If you’re like us, and have more pumpkins than you know what to do with, try Stella’s Pumpkin Soup.

Okay, okay.  I lied.  I will actually be making my Southern Sweet Potatoes tomorrow morning while my mom drives down.

This morning on KUT, John Aielli was on a rant about how he hates sweet potatoes, and is tired of people trying to “fool” him into liking them, by making them into things like sweet potato chips (?).  After playing a few Calexico songs, he changed his tune and raved for a full ten minutes about Bettie Winn Reeves Harris’ sweet potato pie recipe.  If you make it, I’d like to hear what you think about it.  Apparently, this is the only way John Aielli can eat sweet potatoes.  Oh, dear.

For an even easier sweet potato solution, try my Perfect Oven-Roasted Sweet Potatoes.

If you’re like John Aielli and still hate ’em, try my Pesto-Tossed New Potatoes instead.

And you know you want some Macaroni and Cheese.  This one’s special.

Another of my favorite recipes on this site, that happens to be pretty Thanksgiving-y, is this one for Pecan-Stuffed Delicata Squash.  This one is a little more involved, but the result is so filling and flavorful that it makes a great alternative main for a vegetarian holiday celebration.  Something about the combination of nuts and sage approximates sausage, and I just can’t get enough of it.
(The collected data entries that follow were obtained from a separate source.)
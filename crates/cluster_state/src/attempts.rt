//! Transactions begin, learn fates, and are tried again.

ghost use Rattle.std.specs.Prelude.{◌≡◌, ◌∷◌, [], OnErr, OnOk};
ghost use Rattle.journal.specs.declared.entries.JournalEntry.TheVariants as made;
ghost use Rattle.run_laws.specs.OrderEvents.{IsInStep};
ghost use Rattle.run_laws.specs.Places.{IsInOwnStep};
ghost use Rattle.run_words.specs.History.{Made};
ghost use Rattle.cluster_state.specs.Tied.{HasMade, IsTied, IsUnrecorded, past};

use crate::state::State;
use journal::JournalEntry;
use mr_base::{AttemptId, Fate, Memory};

impl State {
    /// An attempt learns the fate of another.
    pub fn learn(&mut self, attempt: AttemptId, other: AttemptId, fate: Fate) -> Result<(), Memory>
        requires tied { IsTied self.old }
        requires stepping { IsInStep (past self.old) }
        requires own { IsInOwnStep (past self.old) attempt }
        ensures made { OnOk result (HasMade (Made (made.Fated attempt other fate) ∷ []) self.old self.new) }
        ensures err { OnErr result (IsUnrecorded self.old self.new) }
    {
        self.ledger.reserve(1)?;
        self.ledger.write(JournalEntry::Fated {
            attempt,
            other,
            fate,
        });
        Ok(())
    }
}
A similar dish for meat eaters is my Bacon-Stuffed Acorn Squash.  I suggest pairing this with some Garlic Roasted Brussels Sprouts.
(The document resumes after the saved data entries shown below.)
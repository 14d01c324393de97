//! The tokens of statement texts.

ghost use Rattle.std.specs.Prelude.{◌≡◌, IfOk};
ghost use Rattle.region_sql.specs.Tokens.{soft_text};

use crate::region_statements::ColumnType;
use crate::row_statements::Comparison;
use mr_base::{Bytes, Memory};
use std::alloc::Global;

/// A key word, written in any letter case. None is a name unless quoted.
#[derive(Clone, Copy, PartialEq, Eq)]
pub enum Key {
    Add,
    Alter,
    And,
    By,
    /// `count` where `(` is the next token; elsewhere it is a name.
    Count,
    Create,
    Database,
    Delete,
    Drop,
    Failure,
    From,
    Global,
    In,
    Insert,
    Into,
    Key,
    Locality,
    Not,
    Null,
    Primary,
    Region,
    Regional,
    Regions,
    Row,
    Select,
    Set,
    Survive,
    Table,
    Unique,
    Update,
    Use,
    Values,
    Where,
    Zone,
}

/// A word that is a key word where a form has it, and a name elsewhere.
#[derive(Clone, Copy, PartialEq, Eq)]
pub enum Soft {
    Default,
    Placement,
    Restricted,
}

/// A sign that is no comparison.
#[derive(Clone, Copy, PartialEq, Eq)]
pub enum Sign {
    /// (
    Open,
    /// )
    Close,
    /// ,
    Comma,
    /// ;
    Semicolon,
    /// *
    Star,
    /// +
    Plus,
    /// - where no digit follows directly
    Minus,
}

/// A token.
#[derive(Drop)]
pub enum Token {
    Key(Key),
    Soft(Soft),
    /// A word that is no key word, folded to lower case, or what stands between two `"`.
    Name(Bytes),
    /// INT, INT8 or BIGINT; STRING or TEXT; BOOL.
    Type(ColumnType),
    /// TRUE or FALSE.
    Bool(bool),
    /// 1 to 30 digits.
    Integer(i128),
    /// 1 to 30 digits with a `-` directly before them: a literal, or what is taken from a column.
    Negative { literal: i128, by: i128 },
    /// What stands between two `'`, with each `''` in it read as one `'`.
    Text(Bytes),
    Compare(Comparison),
    Sign(Sign),
}

impl Soft {
    /// The word as a name.
    pub(crate) fn text(self, alloc: Global) -> Result<Bytes, Memory>
        ensures { IfOk result (λ b. b ≡ soft_text self) }
    {
        match self {
            Soft::Default => Bytes::from_slice(alloc, b"default"),
            Soft::Placement => Bytes::from_slice(alloc, b"placement"),
            Soft::Restricted => Bytes::from_slice(alloc, b"restricted"),
        }
    }
}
Another great main dish for vegetarians: Autumn Vegetable Fritters with Homemade Applesauce.  Or, save these for your Chanukkah party.

Another really easy, budget-friendly recipe that’s sure to please are these Roasted Parsnips and Carrots. Parsnips are a wonderful tuber to which I was first introduced at a typical English Sunday roast dinner. If your local market has them, try them like this first to see if you like their flavor. I love them.

For the opposite end of the diet spectrum, this sweet and low-carb alternative to pumpkin pie is sure to please any primal eaters: Paleo Pumpkin Pudding.

Finally, this is a picture I took this morning, of Eric’s Pumpkin Roll.  We sampled it for breakfast, but there’s enough left to see us through the weekend.  Though he says it’s “more of a pumpkin lasagna,” this sweet dish is both pretty and pretty filling!  He used homegrown pumpkins from our allotment garden again, so it tastes that much better.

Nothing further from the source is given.